### What you are asked to do
Search the data for the word "derive". Reproduce every line where it is found.

(Records drawn from a dataset)
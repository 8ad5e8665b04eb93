//! Some books, each with a seat at its node, and queries of them.
use crate::acts::{act, book, nodes, pid, trunk};
use crate::rows::{Ask, Kept, Named, Process, Range, Row, Told};
use erl_handshake::Setup;
use erl_names::{NodeName, TrunkId};
use erl_term::Refusal;
use joined_books::{FinishError, Placed, Trace, merge_books};
use link_core::End;
use node_core::NodeEvent;
use node_lock::{Asked, Book, Left, Seat, call};
use std::alloc::Global;
use std::sync::Wait;
use wire_core::{LONGEST, Offer, Parcel, Spelling};

/// More than all that can wait.
const ENOUGH: u32 = 2000;

/// The challenge of each message that comes.
const WORD: u32 = 5;

/// Books, each with a seat at its node, and their one connection.
#[derive(Drop)]
pub struct Stage {
    trunk: TrunkId,
    books: Vec<Book>,
    seats: Vec<Seat>,
}

// The place that rows call this one.
fn at(of: &[usize], place: usize) -> usize {
    match of.get(place) {
        Some(other) => *other,
        None => place,
    }
}

/// New books, and new seats.
pub fn open(alloc: Global, kept: &[Kept]) -> Result<Stage, Refusal> {
    let mut stage = Stage {
        trunk: trunk(alloc)?,
        books: Vec::new(alloc),
        seats: Vec::new(alloc),
    };
    match stage.fill(alloc, kept) {
        Ok(()) => Ok(stage),
        Err(e) => {
            drop(stage);
            Err(e)
        }
    }
}

// Returns the outcome of an act that a seat has asked for.
fn told(seat: &Seat, place: usize) -> Result<Told, Refusal> {
    let Some(Asked { receipt, .. }) = seat.receipts().get(place) else {
        return Err(Refusal::NothingThere);
    };
    Ok(if receipt.answer.is_ok() {
        Told::Done(receipt.node, receipt.position, receipt.stamp)
    } else {
        Told::Refused(receipt.node, receipt.position, receipt.stamp)
    })
}

// Asks a book for an act of a seat. Returns its outcome.
fn asked(alloc: Global, book: &mut Book, seat: &mut Seat, ask: Ask) -> Result<Told, Refusal> {
    let act = act(alloc, ask)?;
    match call(alloc, book, seat, act) {
        Ok(place) => told(seat, place),
        Err(Refusal::OutOfMemory) => Err(Refusal::OutOfMemory),
        Err(e) => Ok(Told::NotCalled(e)),
    }
}

fn ask_in(
    alloc: Global,
    book: &mut Book,
    seat: Option<&mut Seat>,
    ask: Ask,
) -> Result<Told, Refusal> {
    match seat {
        Some(seat) => asked(alloc, book, seat, ask),
        None => Err(Refusal::NothingThere),
    }
}

// Takes the item that has come to a book's node. Returns false if none has come.
fn take(alloc: Global, book: &mut Book, trunk: &TrunkId) -> Result<bool, Refusal> {
    if !book.ready(trunk) {
        return Ok(false);
    }
    let trunk = trunk.clone()?;
    book.apply(alloc, NodeEvent::Arrive { trunk, word: WORD })?;
    Ok(true)
}

// Returns true if a book takes up its half of a connection. If out of memory, that is tried again.
fn installs(alloc: Global, book: &mut Book, offer: Offer) -> bool {
    match book.install(alloc, offer) {
        Ok(()) => true,
        Err(back) => book.install(alloc, back).is_ok(),
    }
}

// Returns the parcels that a book has put on its wire, or (`taken`) has taken.
fn put(book: &Book) -> &[Parcel] {
    match book.outlets().first() {
        Some(outlet) => outlet.port().put(),
        None => &[],
    }
}

fn taken(book: &Book) -> &[Parcel] {
    match book.outlets().first() {
        Some(outlet) => outlet.port().taken(),
        None => &[],
    }
}

// Returns true if the books have merged into this.
fn is_told(
    alloc: Global,
    merged: &Result<Trace, FinishError>,
    want: &str,
) -> Result<bool, Refusal> {
    let mut text = String::new(alloc);
    match merged {
        Ok(trace) => {
            for Placed { stamp, node, .. } in &trace.entries {
                write!(text, "{node}:{stamp} ")?;
            }
        }
        Err(FinishError::OutOfMemory) => return Err(Refusal::OutOfMemory),
        Err(e) => write!(text, "{e}")?,
    }
    Ok(text.as_str() == want)
}

fn merge_as(
    alloc: Global,
    nodes: &[(NodeName, Setup)],
    books: &[Book],
    seats: &[Seat],
    want: &str,
) -> Result<bool, Refusal> {
    let merged = merge_books(alloc, nodes, books, seats);
    let is_right = is_told(alloc, &merged, want);
    drop(merged);
    is_right
}

impl Stage {
    fn fill(&mut self, alloc: Global, kept: &[Kept]) -> Result<(), Refusal> {
        for kept in kept {
            self.books.push(book(alloc, *kept)?)?;
            self.seats.push(Seat::new(alloc, kept.place))?;
        }
        Ok(())
    }

    fn book(&self, place: usize) -> Result<&Book, Refusal> {
        match self.books.get(place) {
            Some(book) => Ok(book),
            None => Err(Refusal::NothingThere),
        }
    }

    fn asks(&mut self, alloc: Global, seat: usize, book: usize, ask: Ask) -> Result<Told, Refusal> {
        match self.books.get_mut(book) {
            Some(book) => ask_in(alloc, book, self.seats.get_mut(seat), ask),
            None => Err(Refusal::NothingThere),
        }
    }

    // Returns true if a seat can ask its book for this so often.
    fn repeats(
        &mut self,
        alloc: Global,
        place: usize,
        ask: Ask,
        times: u32,
    ) -> Result<bool, Refusal> {
        for _ in 0..times {
            if !matches!(self.asks(alloc, place, place, ask)?, Told::Done(..)) {
                return Ok(false);
            }
        }
        Ok(true)
    }

    fn offer(&mut self, place: usize) -> Option<Left> {
        match self.books.get_mut(place) {
            Some(book) => book.take_offer(),
            None => None,
        }
    }

    // Returns true if a book takes up the offer that is left for it in another one.
    fn hands(&mut self, alloc: Global, from: usize, to: usize) -> bool {
        match self.offer(from) {
            Some(Left { offer, .. }) => self.takes_up(alloc, to, offer),
            None => false,
        }
    }

    fn takes_up(&mut self, alloc: Global, to: usize, offer: Offer) -> bool {
        match self.books.get_mut(to) {
            Some(book) => installs(alloc, book, offer),
            None => {
                drop(offer);
                false
            }
        }
    }

    fn flushes<R: Wait>(&mut self, rt: &R, alloc: Global, place: usize) -> Result<u64, Refusal> {
        match self.books.get_mut(place) {
            Some(book) => book.flush(rt, alloc, &self.trunk, 0),
            None => Err(Refusal::NothingThere),
        }
    }

    fn fetches<R: Wait>(&mut self, rt: &R, place: usize) -> Result<bool, Refusal> {
        match self.books.get_mut(place) {
            Some(book) => book.fetch(rt, &self.trunk, 0),
            None => Err(Refusal::NothingThere),
        }
    }

    fn takes(&mut self, alloc: Global, place: usize) -> Result<bool, Refusal> {
        match self.books.get_mut(place) {
            Some(book) => take(alloc, book, &self.trunk),
            None => Err(Refusal::NothingThere),
        }
    }

    // A book puts pieces of so many bytes at most from now on, where a piece may have so many.
    fn sets_piece(&mut self, place: usize, greatest: usize) -> bool {
        match self.books.get_mut(place) {
            Some(book) => {
                if greatest == 0 || greatest > LONGEST {
                    return false;
                }
                book.set_piece(greatest);
                true
            }
            None => false,
        }
    }

    fn is_ready(&self, place: usize) -> Result<bool, Refusal> {
        Ok(self.book(place)?.ready(&self.trunk))
    }

    // Returns true if a book takes so many pieces, and nothing is ready after any of them.
    fn gathers<R: Wait>(&mut self, rt: &R, place: usize, times: u32) -> Result<bool, Refusal> {
        for _ in 0..times {
            if !self.fetches(rt, place)? || self.is_ready(place)? {
                return Ok(false);
            }
        }
        Ok(true)
    }

    // Puts the frames that wait, takes a piece of them, and applies an item that is whole. Returns true if
    // anything moves.
    fn passes<R: Wait>(
        &mut self,
        rt: &R,
        alloc: Global,
        from: usize,
        to: usize,
    ) -> Result<bool, Refusal> {
        let has_put = self.flushes(rt, alloc, from)? > 0;
        let has_taken = self.fetches(rt, to)?;
        let has_come = self.takes(alloc, to)?;
        Ok(has_put || has_taken || has_come)
    }

    // Returns true if all that waits passes, in both directions.
    fn settles<R: Wait>(
        &mut self,
        rt: &R,
        alloc: Global,
        a: usize,
        b: usize,
    ) -> Result<bool, Refusal> {
        for _ in 0..ENOUGH {
            if !self.passes(rt, alloc, a, b)? && !self.passes(rt, alloc, b, a)? {
                return Ok(true);
            }
        }
        Ok(false)
    }

    /// Returns a copy of the bytes that a book has put on its wire last.
    pub fn last_put(&self, place: usize) -> Result<Spelling, Refusal> {
        match put(self.book(place)?).last() {
            Some(parcel) => Ok(parcel.bytes.clone()?),
            None => Err(Refusal::NothingThere),
        }
    }

    fn put(&self, place: usize) -> Result<usize, Refusal> {
        Ok(put(self.book(place)?).len())
    }

    fn taken(&self, place: usize) -> Result<usize, Refusal> {
        Ok(taken(self.book(place)?).len())
    }

    fn receipts(&self, place: usize) -> Result<usize, Refusal> {
        match self.seats.get(place) {
            Some(seat) => Ok(seat.receipts().len()),
            None => Err(Refusal::NothingThere),
        }
    }

    fn is_connected(&self, place: usize, peer: usize) -> Result<bool, Refusal> {
        let peer = self.book(peer)?.node().name();
        Ok(self.book(place)?.node().route(peer.atom()) == Some(&self.trunk))
    }

    fn end(&self, alloc: Global, place: usize, p: Process, q: Process) -> Result<End, Refusal> {
        let p = pid(alloc, p)?;
        let q = pid(alloc, q)?;
        Ok(self.book(place)?.node().end(&p, &q))
    }

    fn merges(
        &self,
        alloc: Global,
        named: &[Named],
        books: Range,
        seats: Range,
        want: &str,
    ) -> Result<bool, Refusal> {
        let nodes = nodes(alloc, named)?;
        match (
            self.books.get(books.0..books.1),
            self.seats.get(seats.0..seats.1),
        ) {
            (Some(books), Some(seats)) => merge_as(alloc, &nodes, books, seats, want),
            _ => Err(Refusal::NothingThere),
        }
    }

    // Returns true if the books are as a row says.
    fn shows(&self, alloc: Global, of: &[usize], row: Row) -> Result<bool, Refusal> {
        Ok(match row {
            Row::HasPut(book, count) => self.put(at(of, book))? == count,
            Row::HasTaken(book, count) => self.taken(at(of, book))? == count,
            Row::HasEntries(book, count) => self.book(at(of, book))?.entries().len() == count,
            Row::HasReceipts(seat, count) => self.receipts(at(of, seat))? == count,
            Row::IsReady(book, does) => self.is_ready(at(of, book))? == does,
            Row::IsUp(book, does) => self.book(at(of, book))?.node().is_up() == does,
            Row::IsConnected(book, peer, does) => self.is_connected(at(of, book), at(of, peer))?
                == does,
            Row::Has(book, p, q, end) => self.end(alloc, at(of, book), p, q)? == end,
            Row::Merges(nodes, books, seats, want) => self.merges(
                alloc, nodes, books, seats, want,
            )?,
            _ => false,
        })
    }

    // Returns true if a row holds.
    fn tries<R: Wait>(
        &mut self,
        rt: &R,
        alloc: Global,
        of: &[usize],
        row: Row,
    ) -> Result<bool, Refusal> {
        Ok(match row {
            Row::Asks(seat, book, ask, want) => self.asks(alloc, at(of, seat), at(of, book), ask)?
                == want,
            Row::Repeats(book, ask, times) => self.repeats(alloc, at(of, book), ask, times)?,
            Row::Hands(from, to, does) => self.hands(alloc, at(of, from), at(of, to)) == does,
            Row::Settles(a, b) => self.settles(rt, alloc, at(of, a), at(of, b))?,
            Row::SetsPiece(book, greatest) => self.sets_piece(at(of, book), greatest),
            Row::Gathers(book, times) => self.gathers(rt, at(of, book), times)?,
            Row::Flushes(book, count) => self.flushes(rt, alloc, at(of, book))? == count,
            Row::Fetches(book, does) => self.fetches(rt, at(of, book))? == does,
            _ => self.shows(alloc, of, row)?,
        })
    }

    /// Returns true if a row holds. If out of memory, it is tried again, as nothing has changed then.
    pub fn holds<R: Wait>(
        &mut self,
        rt: &R,
        alloc: Global,
        of: &[usize],
        row: Row,
    ) -> Result<bool, Refusal> {
        match self.tries(rt, alloc, of, row) {
            Err(Refusal::OutOfMemory) => self.tries(rt, alloc, of, row),
            tried => tried,
        }
    }
}
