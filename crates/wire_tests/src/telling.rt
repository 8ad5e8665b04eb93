//! Stories are told, and what of them doesn't hold.
use crate::cutting::{cut_frames, each_length, told_fronts};
use crate::passing::{full_wire, two_ports, two_threads};
use crate::rows::{Kept, Story};
use crate::stage::{Stage, open};
use anyhow::Result;
use erl_term::Refusal;
use std::alloc::{AllocError, Global};
use std::rt::Runtime;
use std::sync::Wait;
use std::thread::Threads;

/// What the tests run on.
pub trait Machine: Runtime + Threads + Wait + Copy + Send + Sync + 'static {}

impl<R: Runtime + Threads + Wait + Copy + Send + Sync + 'static> Machine for R {}

/// Why a story doesn't hold.
#[derive(Clone, Copy, Debug)]
pub enum Wrong {
    /// The row of this number, from 1 on, doesn't.
    Row(u32),
    /// What was asked for with this number isn't so.
    At(u32),
    /// A call was refused.
    Refused(Refusal),
}

impl From<Refusal> for Wrong {
    fn from(e: Refusal) -> Wrong {
        Wrong::Refused(e)
    }
}

impl From<AllocError> for Wrong {
    fn from(_e: AllocError) -> Wrong {
        Wrong::Refused(Refusal::OutOfMemory)
    }
}

/// What is asked for with a number has to be so.
pub fn check(number: u32, is_so: bool) -> Result<(), Wrong> {
    if is_so {
        Ok(())
    } else {
        Err(Wrong::At(number))
    }
}

// New books. Where memory is wanting, they are made again.
fn open_surely(alloc: Global, kept: &[Kept]) -> Result<Stage, Refusal> {
    match open(alloc, kept) {
        Err(Refusal::OutOfMemory) => open(alloc, kept),
        opened => opened,
    }
}

fn goes<R: Wait>(rt: &R, alloc: Global, stage: &mut Stage, story: Story) -> Result<(), Wrong> {
    let mut number = 0u32;
    for part in story.parts {
        for row in part.rows {
            number = number.saturating_add(1);
            if !stage.holds(rt, alloc, part.of, *row)? {
                return Err(Wrong::Row(number));
            }
        }
    }
    Ok(())
}

fn tell<R: Wait>(rt: &R, alloc: Global, story: Story) -> Result<(), Wrong> {
    let mut stage = open_surely(alloc, story.books)?;
    let told = goes(rt, alloc, &mut stage, story);
    drop(stage);
    told
}

// Prints whether a story holds.
fn put<R: Machine>(rt: &R, name: &str, told: Result<(), Wrong>) -> Result<bool> {
    match told {
        Ok(()) => println!(rt; "{name}: holds")?,
        Err(wrong) => println!(rt; "{name}: {wrong:?}")?,
    }
    Ok(told.is_ok())
}

/// Tells each story, and whether it holds. Answers whether all hold.
pub fn tell_all<R: Machine>(rt: &R, alloc: Global, stories: &[Story]) -> Result<bool> {
    let mut all = true;
    for story in stories {
        all &= put(rt, story.name, tell(rt, alloc, *story))?;
    }
    Ok(all)
}

/// The same of the stories of wires alone.
pub fn tell_wires<R: Machine>(rt: &R, alloc: Global) -> Result<bool> {
    let threads = put(rt, "two threads pass pieces", two_threads(rt, alloc))?;
    let full = put(rt, "a full wire gives a piece back", full_wire(rt, alloc))?;
    let ports = put(rt, "two ports pass parcels", two_ports(rt, alloc))?;
    let cuts = put(rt, "frames are cut into pieces", cut_frames(rt, alloc))?;
    let fronts = put(rt, "the first bytes tell a length", told_fronts())?;
    let lengths = put(
        rt,
        "a link in pieces of each length",
        each_length(rt, alloc),
    )?;
    Ok(threads && full && ports && cuts && fronts && lengths)
}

### Task response
#[derive(Drop)]
#[derive(Clone, Copy, Debug)]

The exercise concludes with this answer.